▸ **Your task**:
Write out the material below exactly, with no line missing.

▸ **The input**:
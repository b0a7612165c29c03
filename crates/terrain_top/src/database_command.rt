// Commands over a database, which is settled first.
ghost use Rattle.std.specs.Prelude.{◌≡◌, ◌≤◌, false, true, IfOk, IsErrOf, Some};
ghost use Rattle.terrain_base.specs.Library.{LibraryFiles};
ghost use Rattle.terrain_base.specs.Step.{Files};
ghost use Rattle.database.specs.Opening.{Opening, OpensAs};
ghost use Rattle.database.specs.State.{State};
ghost use Rattle.db_engine.specs.Holding.{HoldsState};
ghost use Rattle.top_words.specs.Meant.{database_meant};
ghost use Rattle.top_words.specs.Words.{IsGoodOfDatabase};
ghost use Rattle.top_reply.specs.Course.{Course, world};
ghost use Rattle.top_reply.specs.Database.{IsDatabaseCourse, IsOpenedCourse};
ghost use Rattle.top_reply.specs.Top.{Tells, database_looks, database_reads};
ghost use Rattle.terrain_top.specs.Comes.{Comes};
ghost use Rattle.terrain_top.specs.Effects.{StopHasCause};
ghost use Rattle.terrain_top.specs.Says.{IsPlain};
ghost use Rattle.terrain_top.specs.Told.{HasOfDatabase, HasOpened};

use crate::answer::Answer;
use crate::change::answer_to_rebuild;
use crate::check::answer_to_check;
use crate::edit::answer_to_edit;
use crate::engine_answer::answer_of;
use crate::query::answer_to_query;
use crate::script::answer_to_apply;
use db_engine::{Opened, settle};
use std::alloc::Global;
use terrain_base::{Library, Sink, Store, Work};
use top_reply::Stop;
use top_words::DatabaseCommand;

// Does a command over an opened database.
fn answer_opened<St: Store, Li: Library, Si: Sink>(
    alloc: Global,
    store: &mut St,
    opened: &mut Opened,
    files: &mut Li,
    out: &mut Si,
    command: &DatabaseCommand<'_>,
    work: &mut Work,
) -> Result<Answer, Stop>
    requires live { opened.old.live ≡ true }
    requires good { IsGoodOfDatabase (database_meant command.now) }
    ensures comes { (s : State) (held : Files) (library : LibraryFiles) (course : Course)
        → HoldsState (St.holds store.old) opened.old s → St.holds store.old ≡ Some held
        → Tells (database_reads (database_meant command.now)) (Li.holds files.old) library
        → IsOpenedCourse (database_meant command.now) library s held course → Comes course
        (world (St.holds store.old) (St.log store.old) (Si.taken out.old) work.old)
        (world (St.holds store.new) (St.log store.new) (Si.taken out.new) work.new) result }
    ensures has { (s : State) (held : Files) (library : LibraryFiles) → HoldsState (St.holds store.old) opened.old s
        → St.holds store.old ≡ Some held
        → IfOk result (λ answer. HasOpened (database_meant command.now) library s held) }
    ensures same { Li.holds files.new ≡ Li.holds files.old }
    ensures library { StopHasCause Stop.Input (Li.faults files.old) (Li.faults files.new) result }
    ensures reads { IsErrOf result Stop.Input → database_reads (database_meant command.now) ≡ true }
    ensures plain { database_looks (database_meant command.now) ≡ false → IfOk result IsPlain }
    ensures store { StopHasCause Stop.Store (St.faults store.old) (St.faults store.new) result }
    ensures sink { StopHasCause Stop.Output (Si.faults out.old) (Si.faults out.new) result }
    ensures more { work.old ≤ work.new }
{
    match command {
        DatabaseCommand::Ask(query) => answer_to_query(alloc, store, opened, *query),
        DatabaseCommand::Change(edit) => answer_to_edit(alloc, store, opened, files, edit, work),
        DatabaseCommand::Apply { script } => {
            answer_to_apply(alloc, store, opened, files, out, script, work)
        }
        DatabaseCommand::Rebuild => answer_to_rebuild(alloc, store, opened, work),
        DatabaseCommand::Check => answer_to_check(alloc, store, opened, work),
    }
}

/// Settles the database, and does a command over it.
pub(crate) fn answer_to_database<St: Store, Li: Library, Si: Sink>(
    alloc: Global,
    store: &mut St,
    files: &mut Li,
    out: &mut Si,
    command: &DatabaseCommand<'_>,
    work: &mut Work,
) -> Result<Answer, Stop>
    requires { IsGoodOfDatabase (database_meant command.now) }
    ensures comes { (held : Files) (library : LibraryFiles) (opening : Opening) (course : Course)
        → St.holds store.old ≡ Some held
        → Tells (database_reads (database_meant command.now)) (Li.holds files.old) library → OpensAs held opening
        → IsDatabaseCourse (database_meant command.now) library held opening course → Comes course
        (world (St.holds store.old) (St.log store.old) (Si.taken out.old) work.old)
        (world (St.holds store.new) (St.log store.new) (Si.taken out.new) work.new) result }
    ensures told { (held : Files) (library : LibraryFiles) → St.holds store.old ≡ Some held
        → Tells (database_reads (database_meant command.now)) (Li.holds files.old) library
        → IfOk result (λ answer. HasOfDatabase (database_meant command.now) library held) }
    ensures same { Li.holds files.new ≡ Li.holds files.old }
    ensures library { StopHasCause Stop.Input (Li.faults files.old) (Li.faults files.new) result }
    ensures reads { IsErrOf result Stop.Input → database_reads (database_meant command.now) ≡ true }
    ensures plain { database_looks (database_meant command.now) ≡ false → IfOk result IsPlain }
    ensures store { StopHasCause Stop.Store (St.faults store.old) (St.faults store.new) result }
    ensures sink { StopHasCause Stop.Output (Si.faults out.old) (Si.faults out.new) result }
    ensures more { work.old ≤ work.new }
{
    match settle(alloc, store, work) {
        Ok(opened) => {
            let mut opened = opened;
            answer_opened(alloc, store, &mut opened, files, out, command, work)
        }
        Err(answer) => answer_of(alloc, &answer),
    }
}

▸ **Result**:
repository b0a7612165c29c03
filename crates/terrain_top/src/database_command.rt
// Commands over a database, which is settled first.
ghost use Rattle.std.specs.Prelude.{◌≡◌, ◌≤◌, false, true, IfOk, IsErrOf, Some};
ghost use Rattle.terrain_base.specs.Library.{LibraryFiles};
ghost use Rattle.terrain_base.specs.Step.{Files};
ghost use Rattle.database.specs.Opening.{Opening, OpensAs};
ghost use Rattle.database.specs.State.{State};
ghost use Rattle.db_engine.specs.Holding.{HoldsState};
ghost use Rattle.top_words.specs.Meant.{database_meant};
ghost use Rattle.top_words.specs.Words.{IsGoodOfDatabase};
ghost use Rattle.top_reply.specs.Course.{Course, world};
ghost use Rattle.top_reply.specs.Database.{IsDatabaseCourse, IsOpenedCourse};
ghost use Rattle.top_reply.specs.Top.{Tells, database_looks, database_reads};
ghost use Rattle.terrain_top.specs.Comes.{Comes};
ghost use Rattle.terrain_top.specs.Effects.{StopHasCause};
ghost use Rattle.terrain_top.specs.Says.{IsPlain};
ghost use Rattle.terrain_top.specs.Told.{HasOfDatabase, HasOpened};

use crate::answer::Answer;
use crate::change::answer_to_rebuild;
use crate::check::answer_to_check;
use crate::edit::answer_to_edit;
use crate::engine_answer::answer_of;
use crate::query::answer_to_query;
use crate::script::answer_to_apply;
use db_engine::{Opened, settle};
use std::alloc::Global;
use terrain_base::{Library, Sink, Store, Work};
use top_reply::Stop;
use top_words::DatabaseCommand;

// Does a command over an opened database.
fn answer_opened<St: Store, Li: Library, Si: Sink>(
    alloc: Global,
    store: &mut St,
    opened: &mut Opened,
    files: &mut Li,
    out: &mut Si,
    command: &DatabaseCommand<'_>,
    work: &mut Work,
) -> Result<Answer, Stop>
    requires live { opened.old.live ≡ true }
    requires good { IsGoodOfDatabase (database_meant command.now) }
    ensures comes { (s : State) (held : Files) (library : LibraryFiles) (course : Course)
        → HoldsState (St.holds store.old) opened.old s → St.holds store.old ≡ Some held
        → Tells (database_reads (database_meant command.now)) (Li.holds files.old) library
        → IsOpenedCourse (database_meant command.now) library s held course → Comes course
        (world (St.holds store.old) (St.log store.old) (Si.taken out.old) work.old)
        (world (St.holds store.new) (St.log store.new) (Si.taken out.new) work.new) result }
    ensures has { (s : State) (held : Files) (library : LibraryFiles) → HoldsState (St.holds store.old) opened.old s
        → St.holds store.old ≡ Some held
        → IfOk result (λ answer. HasOpened (database_meant command.now) library s held) }
    ensures same { Li.holds files.new ≡ Li.holds files.old }
    ensures library { StopHasCause Stop.Input (Li.faults files.old) (Li.faults files.new) result }
    ensures reads { IsErrOf result Stop.Input → database_reads (database_meant command.now) ≡ true }
    ensures plain { database_looks (database_meant command.now) ≡ false → IfOk result IsPlain }
    ensures store { StopHasCause Stop.Store (St.faults store.old) (St.faults store.new) result }
    ensures sink { StopHasCause Stop.Output (Si.faults out.old) (Si.faults out.new) result }
    ensures more { work.old ≤ work.new }
{
    match command {
        DatabaseCommand::Ask(query) => answer_to_query(alloc, store, opened, *query),
        DatabaseCommand::Change(edit) => answer_to_edit(alloc, store, opened, files, edit, work),
        DatabaseCommand::Apply { script } => {
            answer_to_apply(alloc, store, opened, files, out, script, work)
        }
        DatabaseCommand::Rebuild => answer_to_rebuild(alloc, store, opened, work),
        DatabaseCommand::Check => answer_to_check(alloc, store, opened, work),
    }
}

/// Settles the database, and does a command over it.
pub(crate) fn answer_to_database<St: Store, Li: Library, Si: Sink>(
    alloc: Global,
    store: &mut St,
    files: &mut Li,
    out: &mut Si,
    command: &DatabaseCommand<'_>,
    work: &mut Work,
) -> Result<Answer, Stop>
    requires { IsGoodOfDatabase (database_meant command.now) }
    ensures comes { (held : Files) (library : LibraryFiles) (opening : Opening) (course : Course)
        → St.holds store.old ≡ Some held
        → Tells (database_reads (database_meant command.now)) (Li.holds files.old) library → OpensAs held opening
        → IsDatabaseCourse (database_meant command.now) library held opening course → Comes course
        (world (St.holds store.old) (St.log store.old) (Si.taken out.old) work.old)
        (world (St.holds store.new) (St.log store.new) (Si.taken out.new) work.new) result }
    ensures told { (held : Files) (library : LibraryFiles) → St.holds store.old ≡ Some held
        → Tells (database_reads (database_meant command.now)) (Li.holds files.old) library
        → IfOk result (λ answer. HasOfDatabase (database_meant command.now) library held) }
    ensures same { Li.holds files.new ≡ Li.holds files.old }
    ensures library { StopHasCause Stop.Input (Li.faults files.old) (Li.faults files.new) result }
    ensures reads { IsErrOf result Stop.Input → database_reads (database_meant command.now) ≡ true }
    ensures plain { database_looks (database_meant command.now) ≡ false → IfOk result IsPlain }
    ensures store { StopHasCause Stop.Store (St.faults store.old) (St.faults store.new) result }
    ensures sink { StopHasCause Stop.Output (Si.faults out.old) (Si.faults out.new) result }
    ensures more { work.old ≤ work.new }
{
    match settle(alloc, store, work) {
        Ok(opened) => {
            let mut opened = opened;
            answer_opened(alloc, store, &mut opened, files, out, command, work)
        }
        Err(answer) => answer_of(alloc, &answer),
    }
}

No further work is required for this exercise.